Is there some unique identifier for each network which can be included in
the web service?

Thanks!

-- John

  • Chad Trabant
    2011-06-14 23:58:43

    Hello.

    In general, networks, like stations and channels, have the notion of a start time and an end time. For permanent networks there are normally not breaks in the continuity. For temporary networks there are often blocks of years allocated for specific experiments, for example XY 2005-2006, XY 2007-2009 and XY 2010-2010. We would not consider those temporary networks to be modifications of an existing network, but instead to be logically different networks. Essentially the network code combined with the start and end time uniquely identifies a "network", when the dates change and the network code is recycled it should be considered a new network. Not sure I understood your question, did that help at all?

    Chad

    On Jun 14, 2011, at 2:00 PM, John D. West wrote:

    Hello.

    I'm using the station webservice in EMERALD to maintain a local cache of network, station, and component metadata. In the Network level, reuse of network codes makes it difficult to differentiate between new and modified networks, e.g., if a network EndDate changes, my system registers it as a new usage of the network code instead of modification of an existing network.

    Is there some unique identifier for each network which can be included in the web service?

    Thanks!

    -- John
    _______________________________________________
    webservices mailing list
    webservices<at>iris.washington.edu
    http://www.iris.washington.edu/mailman/listinfo/webservices



    • John West
      2011-06-15 00:04:49
      That was what I assumed from the output of the web service. The question is:
      can a start date or end date EVER change? If an incorrect date is entered
      and then later corrected, I end up with overlapping networks because network
      code + start date + end date combine to form the unique identifier.

      -- John


      On Tue, Jun 14, 2011 at 4:58 PM, Chad Trabant <chad<at>iris.washington.edu>wrote:


      Hello.

      In general, networks, like stations and channels, have the notion of a
      start time and an end time. For permanent networks there are normally not
      breaks in the continuity. For temporary networks there are often blocks of
      years allocated for specific experiments, for example XY 2005-2006, XY
      2007-2009 and XY 2010-2010. We would not consider those temporary networks
      to be modifications of an existing network, but instead to be logically
      different networks. Essentially the network code combined with the start
      and end time uniquely identifies a "network", when the dates change and the
      network code is recycled it should be considered a new network. Not sure I
      understood your question, did that help at all?

      Chad

      On Jun 14, 2011, at 2:00 PM, John D. West wrote:

      Hello.

      I'm using the station webservice in EMERALD to maintain a local cache of
      network, station, and component metadata.
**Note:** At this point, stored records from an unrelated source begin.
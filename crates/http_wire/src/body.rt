//! The body behind a head.
ghost use Rattle.std.specs.Prelude.{◌≡◌, ◌≤◌, ◌<◌, IfOk, IfSome, OnOk, drop, length, take, vec_len};
ghost use Rattle.http_wire.specs.BodyReading.{IsBodyAnswer, IsRestAnswer};
ghost use Rattle.http_wire.specs.Filling.{HasReadCause};

use crate::buffer::{Buffer, read_behind};
use crate::fault::WireFault;
use lake_base::{NoMemory, Source};
use std::alloc::Global;

// How much room is made first for a body of which nothing came, and how much at most behind what came: so much stays in
// the processor's cache until the source fills it.
const FIRST_ROOM: u64 = 16_384;

const MOST_ROOM: u64 = 131_072;

/// Reads a body of this length, behind a head of so many bytes. Its room grows with what came.
pub(crate) fn read_body<S: Source>(
    alloc: Global,
    source: &mut S,
    buffer: &mut Buffer,
    head: usize,
    size: u64,
) -> Result<Vec<u8>, WireFault>
    requires { head ≤ 16384 }
    ensures read { IfSome (S.left source.old)
        (λ left. IsBodyAnswer buffer.old left head size buffer.new (S.left source.new) result) }
    ensures cause { HasReadCause (S.faults source.old) (S.faults source.new) result }
{
    if size <= buffer.held().len() as u64 {
        return match take_held(alloc, buffer, size as usize) {
            Ok(body) => Ok(body),
            Err(_) => Err(WireFault::NoMemory),
        };
    }
    let count = buffer.held().len();
    let mut body = match take_held(alloc, buffer, count) {
        Ok(body) => body,
        Err(_) => return Err(WireFault::NoMemory),
    };
    match read_rest(source, &mut body, head, size) {
        Ok(()) => Ok(body),
        Err(fault) => Err(fault),
    }
}

// Takes so many of the bytes that are held.
fn take_held(alloc: Global, buffer: &mut Buffer, count: usize) -> Result<Vec<u8>, NoMemory>
    requires { count ≤ length buffer.old }
    ensures taken { IfOk result (λ body. body.items ≡ take count buffer.old) }
    ensures left { OnOk result (buffer.new ≡ drop count buffer.old) }
{
    let (front, _) = buffer.held().split_at(count);
    let body = Vec::from_slice(alloc, front)?;
    buffer.skip(count);
    Ok(body)
}

// Reads what of a body of this length is missing, straight into its room.
fn read_rest<S: Source>(
    source: &mut S,
    body: &mut Vec<u8>,
    head: usize,
    size: u64,
) -> Result<(), WireFault>
    requires head { head ≤ 16384 }
    requires part { vec_len body.old ≤ size }
    ensures read { IfSome (S.left source.old)
        (λ left. IsRestAnswer body.old.items left head size body.new.items (S.left source.new) result) }
    ensures cause { HasReadCause (S.faults source.old) (S.faults source.new) result }
{
    let mut came = body.len();
    'reading: while (came as u64) < size {
        match make_room(body, came, size) {
            Ok(()) => {}
            Err(_) => return Err(WireFault::NoMemory),
        }
        match read_behind(source, body, came) {
            Ok(0) => return Err(WireFault::Truncated(head as u64 + came as u64)),
            Ok(count) => came += count,
            Err(_) => return Err(WireFault::ReadFault),
        }
    }
    Ok(())
}

// Behind what came there is room for more: at first for a little, then for as much again, up to a limit.
fn make_room(body: &mut Vec<u8>, came: usize, size: u64) -> Result<(), NoMemory>
    requires came { came ≤ vec_len body.old }
    requires part { vec_len body.old ≤ size }
    requires more { came < size }
    ensures kept { take came body.new.items ≡ take came body.old.items }
    ensures room { OnOk result ((came < vec_len body.new) × (vec_len body.new ≤ size)) }
{
    if came < body.len() {
        return Ok(());
    }
    let more = (came as u64).max(FIRST_ROOM).min(MOST_ROOM);
    let room = size.min((came as u64).saturating_add(more));
    body.resize(room as usize, 0)?;
    Ok(())
}
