//! Replies are written.
ghost use Rattle.std.specs.Prelude.{◌≡◌, [], if◌then◌else◌, codes, OnOk, OnErr};
ghost use Rattle.lake_base.specs.Outside.{HasCause};
ghost use Rattle.http_wire.specs.SinkFronts.{Wrote, WroteFront};
ghost use Rattle.http_wire.specs.ReplyText.{phrase, is_visible, is_sendable, sent_type, reply_text};
ghost use Rattle.http_wire.specs.ReplyText.{whole_text, no_memory_reply};
ghost use Rattle.std.specs.List.{list_all};

use crate::message::Reply;
use crate::parts::write_parts;
use crate::write::write_all;
use lake_base::{Failed, Sink};

// The reply of want of memory, and the same before the connection closes.
const NO_MEMORY: &[u8] =
    b"HTTP/1.1 507 Insufficient Storage\r\nContent-Type: application/json\r\nContent-Length: 27\r\n\r\n\
{\"message\":\"out of memory\"}";

const NO_MEMORY_CLOSE: &[u8] =
    b"HTTP/1.1 507 Insufficient Storage\r\nContent-Type: application/json\r\nContent-Length: 27\r\n\
Connection: close\r\n\r\n{\"message\":\"out of memory\"}";

/// Writes the reply of want of memory. It takes no memory.
pub fn write_no_memory<W: Sink>(sink: &mut W, close: bool) -> Result<(), Failed>
    ensures all { OnOk result (Wrote (W.written sink.old) (W.written sink.new) (reply_text (no_memory_reply close))) }
    ensures front { OnErr result
        (WroteFront (W.written sink.old) (W.written sink.new) (reply_text (no_memory_reply close))) }
    ensures cause { HasCause (W.faults sink.old) (W.faults sink.new) result }
{
    if close {
        write_all(sink, NO_MEMORY_CLOSE)
    } else {
        write_all(sink, NO_MEMORY)
    }
}

/// Writes a reply: the head and a short body by one write, a long body by one of its own. It takes no memory.
pub fn write_reply<W: Sink>(sink: &mut W, reply: &Reply) -> Result<(), Failed>
    ensures all { OnOk result (Wrote (W.written sink.old) (W.written sink.new) (reply_text reply.now)) }
    ensures front { OnErr result (WroteFront (W.written sink.old) (W.written sink.new) (reply_text reply.now)) }
    ensures cause { HasCause (W.faults sink.old) (W.faults sink.new) result }
{
    let closing = closing_line(reply.close);
    if reply.status == 204 {
        return write_parts(sink, &[b"HTTP/1.1 204 No Content\r\n", closing, b"\r\n"]);
    }
    let mut status = itoa::Buffer::new();
    let mut size = itoa::Buffer::new();
    let body = reply.body.as_slice();
    write_whole(
        sink,
        status.format(reply.status).as_bytes(),
        phrase(reply.status),
        sent_type(reply.content_type.as_str().as_bytes()),
        size.format(body.len()).as_bytes(),
        closing,
        body,
    )
}

// Writes a reply that has a body.
fn write_whole<W: Sink>(
    sink: &mut W,
    status: &[u8],
    phrase: &[u8],
    content_type: &[u8],
    size: &[u8],
    closing: &[u8],
    body: &[u8],
) -> Result<(), Failed>
    ensures all { OnOk result (Wrote (W.written sink.old) (W.written sink.new)
        (whole_text status.now phrase.now content_type.now size.now closing.now body.now)) }
    ensures front { OnErr result (WroteFront (W.written sink.old) (W.written sink.new)
        (whole_text status.now phrase.now content_type.now size.now closing.now body.now)) }
    ensures cause { HasCause (W.faults sink.old) (W.faults sink.new) result }
{
    write_parts(
        sink,
        &[
            b"HTTP/1.1 ",
            status,
            b" ",
            phrase,
            b"\r\nContent-Type: ",
            content_type,
            b"\r\nContent-Length: ",
            size,
            b"\r\n",
            closing,
            b"\r\n",
            body,
        ],
    )
}

// The field that tells of the connection's end, where it closes.
fn closing_line(close: bool) -> &'static [u8]
    ensures { result.now ≡ (if close then codes "Connection: close\r\n" else []) }
{
    if close { b"Connection: close\r\n" } else { b"" }
}

// The content type that is sent.
fn sent_type(text: &[u8]) -> &[u8]
    ensures { result.now ≡ sent_type text.now }
{
    if is_sendable(text) {
        text
    } else {
        b"application/octet-stream"
    }
}

// Whether a content type is sent as it is: visible ASCII and spaces.
fn is_sendable(text: &[u8]) -> bool
    ensures { result ≡ is_sendable text.now }
{
    !text.is_empty() && are_visible(text)
}

// Whether all bytes are visible ASCII or spaces.
fn are_visible(bytes: &[u8]) -> bool
    ensures { result ≡ list_all is_visible bytes.now }
{
    bytes.iter().all(|byte| is_visible(*byte))
}

// Whether a byte is one.
fn is_visible(byte: u8) -> bool
    ensures { result ≡ is_visible byte }
{
    byte >= 32 && byte <= 126
}

// The phrase of a status; one outside the table has none.
fn phrase(status: u16) -> &'static [u8]
    ensures { result.now ≡ phrase status }
{
    match status {
        200 => b"OK",
        201 => b"Created",
        204 => b"No Content",
        400 => b"Bad Request",
        403 => b"Forbidden",
        404 => b"Not Found",
        405 => b"Method Not Allowed",
        409 => b"Conflict",
        410 => b"Gone",
        412 => b"Precondition Failed",
        413 => b"Content Too Large",
        422 => b"Unprocessable Content",
        423 => b"Locked",
        431 => b"Request Header Fields Too Large",
        500 => b"Internal Server Error",
        501 => b"Not Implemented",
        503 => b"Service Unavailable",
        507 => b"Insufficient Storage",
        _ => b"",
    }
}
In the Network level, reuse of
      network codes makes it difficult to differentiate between new and modified
      networks, e.g., if a network EndDate changes, my system registers it as a
      new usage of the network code instead of modification of an existing
      network.

      Is there some unique identifier for each network which can be included in
      the web service?

      Thanks!

      -- John
      _______________________________________________
      webservices mailing list
      webservices<at>iris.washington.edu
      http://www.iris.washington.edu/mailman/listinfo/webservices



      • Chad Trabant
        2011-06-15 00:45:36

        Got it. The network start/end dates don't change often but on occasion they do. I think the most common case is when a temporary network code is extended to match an extended experiment time window. The only other useful identifier that I can think of is the network description contained in the <Description> tags, although that is subject to change as well but also doesn't change often. Perhaps by checking the description you can figure out when it's the same network versus something new more often than not.

        Chad

        On Jun 14, 2011, at 5:04 PM, John D. West wrote:

        That was what I assumed from the output of the web service. The question is: can a start date or end date EVER change? If an incorrect date is entered and then later corrected, I end up with overlapping networks because network code + start date + end date combine to form the unique identifier.

        -- John


        On Tue, Jun 14, 2011 at 4:58 PM, Chad Trabant <chad<at>iris.washington.edu> wrote:

        Hello.

        In general, networks, like stations and channels, have the notion of a start time and an end time. For permanent networks there are normally not breaks in the continuity. For temporary networks there are often blocks of years allocated for specific experiments, for example XY 2005-2006, XY 2007-2009 and XY 2010-2010. We would not consider those temporary networks to be modifications of an existing network, but instead to be logically different networks. Essentially the network code combined with the start and end time uniquely identifies a "network", when the dates change and the network code is recycled it should be considered a new network. Not sure I understood your question, did that help at all?

        Chad

        On Jun 14, 2011, at 2:00 PM, John D. West wrote:

        Hello.

        I'm using the station webservice in EMERALD to maintain a local cache of network, station, and component metadata. In the Network level, reuse of network codes makes it difficult to differentiate between new and modified networks, e.g., if a network EndDate changes, my system registers it as a new usage of the network code instead of modification of an existing network.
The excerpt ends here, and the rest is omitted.